START Exercise inputs

//! From words to an op, and back.

ghost use Rattle.std.specs.Prelude.{◌≡◌, ◌∷◌, [], IfOk};
ghost use Rattle.std.specs.Option.{option_and_then};
ghost use Rattle.kv_host.specs.View as view;
ghost use Rattle.kv_spelling.specs.Spell.{spell};
ghost use Rattle.kv_text.specs.Text.{named, key_op, value_op, swap_op};
ghost use Rattle.kv_text.specs.Text.{op_of, words_in, words_of, result_words};
ghost use Rattle.op_text.specs.Words.{word_of};
ghost use Rattle.kv_text.specs.Laws.{reads_back};

use kv_host::{KvOp, read};
use kv_spelling::spell;
use line_fields::is_word;
use nop_types::{Bytes, NoMemory, Op};
use op_text::{OpText, Words, bytes_of};
use std::alloc::Global;

/// The text form of the key-value service.
pub struct KvText;

fn key_op(alloc: Global, word: &[u8], key: &[u8]) -> Result<Option<Op>, NoMemory>
    ensures { IfOk result (λ op. op ≡ option_and_then spell (key_op word.now key.now)) }
{
    if is_word(word, "get") {
        spell(alloc, KvOp::Get(key))
    } else if is_word(word, "delete") {
        spell(alloc, KvOp::Delete(key))
    } else {
        Ok(None)
    }
}

#[tactic(auto, unfolding(crate::specs::Text::named))]
fn with_key(alloc: Global, word: &Bytes, key: &Bytes) -> Result<Option<Op>, NoMemory>
    ensures { IfOk result (λ op. op ≡ op_of (word.now ∷ key.now ∷ [])) }
{
    match bytes_of(alloc, key.as_slice())? {
        Some(key) => key_op(alloc, word.as_slice(), key.as_slice()),
        None => Ok(None),
    }
}

fn value_op(alloc: Global, word: &[u8], key: &[u8], value: &[u8]) -> Result<Option<Op>, NoMemory>
    ensures { IfOk result (λ op. op
        ≡ option_and_then spell (value_op word.now key.now value.now)) }
{
    if is_word(word, "put") {
        spell(alloc, KvOp::Put(key, value))
    } else {
        Ok(None)
    }
}

#[tactic(auto, unfolding(crate::specs::Text::named))]
fn with_value(
    alloc: Global,
    word: &Bytes,
    key: &Bytes,
    value: &Bytes,
) -> Result<Option<Op>, NoMemory>
    ensures { IfOk result (λ op. op ≡ op_of (word.now ∷ key.now ∷ value.now ∷ [])) }
{
    let Some(key) = bytes_of(alloc, key.as_slice())? else {
        return Ok(None);
    };
    match bytes_of(alloc, value.as_slice())? {
        Some(value) => value_op(alloc, word.as_slice(), key.as_slice(), value.as_slice()),
        None => Ok(None),
    }
}

fn swap_op(
    alloc: Global,
    word: &[u8],
    key: &[u8],
    old: &[u8],
    new: &[u8],
) -> Result<Option<Op>, NoMemory>
    ensures { IfOk result (λ op. op
        ≡ option_and_then spell (swap_op word.now key.now old.now new.now)) }
{
    if is_word(word, "compare-and-set") || is_word(word, "swap") {
        spell(alloc, KvOp::Swap(key, old, new))
    } else {
        Ok(None)
    }
}

#[tactic(auto, unfolding(crate::specs::Text::named))]
fn with_values(
    alloc: Global,
    word: &Bytes,
    key: &Bytes,
    old: &Bytes,
    new: &Bytes,
) -> Result<Option<Op>, NoMemory>
    ensures { IfOk result (λ op.
        op ≡ op_of (word.now ∷ key.now ∷ old.now ∷ new.now ∷ [])) }
{
    let Some(key) = bytes_of(alloc, key.as_slice())? else {
        return Ok(None);
    };
    let Some(old) = bytes_of(alloc, old.as_slice())? else {
        return Ok(None);
    };
    match bytes_of(alloc, new.as_slice())? {
        Some(new) => swap_op(
            alloc,
            word.as_slice(),
            key.as_slice(),
            old.as_slice(),
            new.as_slice(),
        ),
        None => Ok(None),
    }
}

fn key_words(alloc: Global, word: &str, key: &[u8]) -> Result<Words, NoMemory>
    ensures { IfOk result (λ words. words ≡ word.now ∷ word_of key.now ∷ []) }
{
    let mut words = Words::new(alloc);
    words.put(word.as_bytes())?;
    words.put_bytes("", key)?;
    Ok(words)
}

fn value_words(alloc: Global, word: &str, key: &[u8], value: &[u8]) -> Result<Words, NoMemory>
    ensures { IfOk result (λ words. words
        ≡ word.now ∷ word_of key.now ∷ word_of value.now ∷ []) }
{
    let mut words = key_words(alloc, word, key)?;
    words.put_bytes("", value)?;
    Ok(words)
}

fn words_in(alloc: Global, op: KvOp<'_>) -> Result<Option<Words>, NoMemory>
    ensures { IfOk result (λ words. words ≡ words_in (view.op_of op.entry)) }
{
    match op {
        KvOp::Get(key) => Ok(Some(key_words(alloc, "get", key)?)),
        KvOp::Put(key, value) => Ok(Some(value_words(alloc, "put", key, value)?)),
        KvOp::Delete(key) => Ok(Some(key_words(alloc, "delete", key)?)),
        KvOp::Swap(key, old, new) => {
            let mut words = value_words(alloc, "compare-and-set", key, old)?;
            words.put_bytes("", new)?;
            Ok(Some(words))
        }
        KvOp::Bad => Ok(None),
    }
}

impl OpText for KvText {
    ghost op_of = { op_of };

    ghost words_of = { words_of };

    ghost result_words = { result_words };

    ghost reads_back = { reads_back };

    #[tactic(auto, unfolding(crate::specs::Text::named))]
    fn op(alloc: Global, words: &[Bytes]) -> Result<Option<Op>, NoMemory> {
        match words {
            [word, key] => with_key(alloc, word, key),
            [word, key, value] => with_value(alloc, word, key, value),
            [word, key, old, new] => with_values(alloc, word, key, old, new),
            _ => Ok(None),
        }
    }

    fn words(alloc: Global, op: &[u8]) -> Result<Option<Words>, NoMemory> {
        words_in(alloc, read(op))
    }

    fn result(alloc: Global, answer: &[u8]) -> Result<Words, NoMemory> {
        let mut words = Words::new(alloc);
        match answer {
            [b'=', value @ ..] => words.put_bytes("=", value)?,
            _ => words.put_bytes("", answer)?,
        }
        Ok(words)
    }
}
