//! What the definitions say together.

ghost use Rattle.std.specs.Prelude.{◌≡◌, ℕ, List, Some};
ghost use Rattle.kv_host.specs.Op.{Op, read_op};
ghost use Rattle.kv_host.specs.Spelling.{Spells};
ghost use Rattle.kv_text.specs.Text.{named, op_of};

/// The bytes that words give are read as the op that the words name.
#[tactic(auto, using(crate::specs::Laws::named_spelled))]
pub fn named_ops_are_spelled()
    ensures { (words : List (List ℕ)) (op : Op) (bytes : List ℕ) → named words ≡ Some op
        → op_of words ≡ Some bytes → Spells op bytes }
{}
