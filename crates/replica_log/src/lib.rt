//! The log that a replica keeps, trimmed: a sync point, the checkpoint that is in place of the
//! entries up to there, and at most 4,096 entries above. Slots count from 1.
//!
//! Each call gives what the definition of its name gives, at the reading `Trimmed`: `len`
//! (`length_of`), `has_room`, `at` (`entry_at`), `first`, `append` (`appended`), `put_noop`
//! (`with_noop`), `adopt` (`adopted`), `overlay` (`overlaid`). `raise` puts a checkpoint in place of
//! the entries up to a slot, and returns those (`between`). `sync_point`, `checkpoint`, `entries`,
//! `as_ref` and `copy` give the log. Entries move from log to log; `copy` alone copies them. On an
//! error the log is as before.
//!
//! Laws: `set_slot_by_slot`, `laid_by_slot`, `adopted_by_slot` and `overlaid_by_slot` say what each
//! slot of a whole log has then. Of a log that is kept whole or trimmed, `adopted_is_as_long` and
//! `overlaid_is_as_long` say the sync point and the last slot, and `log_stays_in_ranges` that it
//! stays in its ranges.
//!
//! What a leader answers to a replica that asks for a slot is `answer` (`answer_of`): `Below`
//! exactly where the slot is at most the log's sync point, so that its entry is no longer kept;
//! above, the request in the slot; where a NO-OP is there, the gap agreement again; in the slot
//! after the last, the beginning of one, where none waits and the log has room; otherwise nothing.
//! It takes no memory.
//!
//! Files: `log`, `laws`; `answers`, `lookup`. Definitions are those of `nop_types`: `Logs`, `Slots`,
//! `Lists`, `Ranges`; and `specs/Answer`.
#![tactic(auto)]

mod answers;
mod laws;
mod log;
mod lookup;

pub use answers::Answer;
pub use laws::{
    adopted_by_slot, adopted_is_as_long, laid_by_slot, log_stays_in_ranges, overlaid_by_slot,
    overlaid_is_as_long, set_slot_by_slot,
};
pub use log::ReplicaLog;
pub use lookup::answer;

END Exercise inputs

> Problem
Could you output, exactly and with nothing else, the lines from the start of the records through the line containing "pub struct KvText;"?

> Task answer
//! From words to an op, and back.

ghost use Rattle.std.specs.Prelude.{◌≡◌, ◌∷◌, [], IfOk};
ghost use Rattle.std.specs.Option.{option_and_then};
ghost use Rattle.kv_host.specs.View as view;
ghost use Rattle.kv_spelling.specs.Spell.{spell};
ghost use Rattle.kv_text.specs.Text.{named, key_op, value_op, swap_op};
ghost use Rattle.kv_text.specs.Text.{op_of, words_in, words_of, result_words};
ghost use Rattle.op_text.specs.Words.{word_of};
ghost use Rattle.kv_text.specs.Laws.{reads_back};

use kv_host::{KvOp, read};
use kv_spelling::spell;
use line_fields::is_word;
use nop_types::{Bytes, NoMemory, Op};
use op_text::{OpText, Words, bytes_of};
use std::alloc::Global;

/// The text form of the key-value service.
pub struct KvText;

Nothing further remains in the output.